* _Listed records_

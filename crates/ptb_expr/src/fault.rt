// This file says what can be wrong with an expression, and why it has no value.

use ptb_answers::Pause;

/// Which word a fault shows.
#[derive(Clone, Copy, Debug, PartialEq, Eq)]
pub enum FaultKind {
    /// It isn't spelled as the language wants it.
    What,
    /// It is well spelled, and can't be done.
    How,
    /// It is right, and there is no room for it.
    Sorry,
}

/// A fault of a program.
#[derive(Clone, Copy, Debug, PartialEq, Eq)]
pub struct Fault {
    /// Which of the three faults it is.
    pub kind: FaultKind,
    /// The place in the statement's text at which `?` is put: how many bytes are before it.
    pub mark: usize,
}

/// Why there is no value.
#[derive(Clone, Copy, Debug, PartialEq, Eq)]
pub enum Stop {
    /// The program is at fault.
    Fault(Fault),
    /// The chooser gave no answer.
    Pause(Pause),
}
...
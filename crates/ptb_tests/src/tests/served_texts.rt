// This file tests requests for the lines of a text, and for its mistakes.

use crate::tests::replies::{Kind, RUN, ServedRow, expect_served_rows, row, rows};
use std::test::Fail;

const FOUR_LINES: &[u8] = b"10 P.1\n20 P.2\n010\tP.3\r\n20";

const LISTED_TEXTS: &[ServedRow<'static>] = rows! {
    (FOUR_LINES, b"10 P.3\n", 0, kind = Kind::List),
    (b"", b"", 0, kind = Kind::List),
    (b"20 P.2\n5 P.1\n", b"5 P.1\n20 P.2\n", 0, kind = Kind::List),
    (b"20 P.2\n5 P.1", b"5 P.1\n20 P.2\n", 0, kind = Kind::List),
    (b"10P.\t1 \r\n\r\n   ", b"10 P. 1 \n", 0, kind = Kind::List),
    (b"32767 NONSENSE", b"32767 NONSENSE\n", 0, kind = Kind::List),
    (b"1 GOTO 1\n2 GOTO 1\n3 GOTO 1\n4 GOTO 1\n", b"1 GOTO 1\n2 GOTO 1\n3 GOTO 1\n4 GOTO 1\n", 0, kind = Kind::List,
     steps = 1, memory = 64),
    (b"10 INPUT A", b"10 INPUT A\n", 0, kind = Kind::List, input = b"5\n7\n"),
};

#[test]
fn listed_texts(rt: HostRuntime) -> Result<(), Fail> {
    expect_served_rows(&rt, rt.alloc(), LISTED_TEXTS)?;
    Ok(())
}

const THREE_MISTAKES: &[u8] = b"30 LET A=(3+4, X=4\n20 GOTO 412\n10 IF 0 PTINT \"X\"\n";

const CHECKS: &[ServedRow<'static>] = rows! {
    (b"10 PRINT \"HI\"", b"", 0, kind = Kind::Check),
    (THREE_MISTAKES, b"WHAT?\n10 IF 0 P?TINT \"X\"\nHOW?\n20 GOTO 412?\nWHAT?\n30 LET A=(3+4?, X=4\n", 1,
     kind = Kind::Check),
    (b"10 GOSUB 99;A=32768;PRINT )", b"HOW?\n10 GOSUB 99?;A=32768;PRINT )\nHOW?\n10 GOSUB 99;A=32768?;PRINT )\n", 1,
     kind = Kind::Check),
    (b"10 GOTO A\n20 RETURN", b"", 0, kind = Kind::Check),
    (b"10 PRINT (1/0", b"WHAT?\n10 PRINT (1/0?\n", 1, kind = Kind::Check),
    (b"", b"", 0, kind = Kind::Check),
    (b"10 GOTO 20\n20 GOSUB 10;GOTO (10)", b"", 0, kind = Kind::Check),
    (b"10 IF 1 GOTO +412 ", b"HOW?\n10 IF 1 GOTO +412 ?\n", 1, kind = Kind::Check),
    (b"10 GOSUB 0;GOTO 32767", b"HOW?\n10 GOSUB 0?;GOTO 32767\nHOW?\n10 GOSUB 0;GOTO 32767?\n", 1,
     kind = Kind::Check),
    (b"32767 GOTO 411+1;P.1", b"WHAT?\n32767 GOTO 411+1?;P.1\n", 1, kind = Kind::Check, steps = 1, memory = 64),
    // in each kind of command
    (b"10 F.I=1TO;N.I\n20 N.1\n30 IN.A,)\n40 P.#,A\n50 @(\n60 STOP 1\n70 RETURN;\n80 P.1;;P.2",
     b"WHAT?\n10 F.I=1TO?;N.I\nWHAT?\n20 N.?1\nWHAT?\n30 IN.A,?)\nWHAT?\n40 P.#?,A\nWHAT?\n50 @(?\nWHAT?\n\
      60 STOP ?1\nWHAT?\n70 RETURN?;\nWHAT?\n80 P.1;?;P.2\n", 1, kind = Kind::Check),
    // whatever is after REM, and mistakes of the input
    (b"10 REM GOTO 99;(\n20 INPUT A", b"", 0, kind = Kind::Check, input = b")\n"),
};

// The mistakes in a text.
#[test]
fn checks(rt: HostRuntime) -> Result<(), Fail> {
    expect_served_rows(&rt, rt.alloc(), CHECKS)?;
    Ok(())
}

* _Assignment_
Which of the lines above contain "GOSUB"? Return them all.

* _Written answer_
    (b"10 GOSUB 99;A=32768;PRINT )", b"HOW?\n10 GOSUB 99?;A=32768;PRINT )\nHOW?\n10 GOSUB 99;A=32768?;PRINT )\n", 1,
    (b"10 GOTO 20\n20 GOSUB 10;GOTO (10)", b"", 0, kind = Kind::Check),
    (b"10 GOSUB 0;GOTO 32767", b"HOW?\n10 GOSUB 0?;GOTO 32767\nHOW?\n10 GOSUB 0;GOTO 32767?\n", 1,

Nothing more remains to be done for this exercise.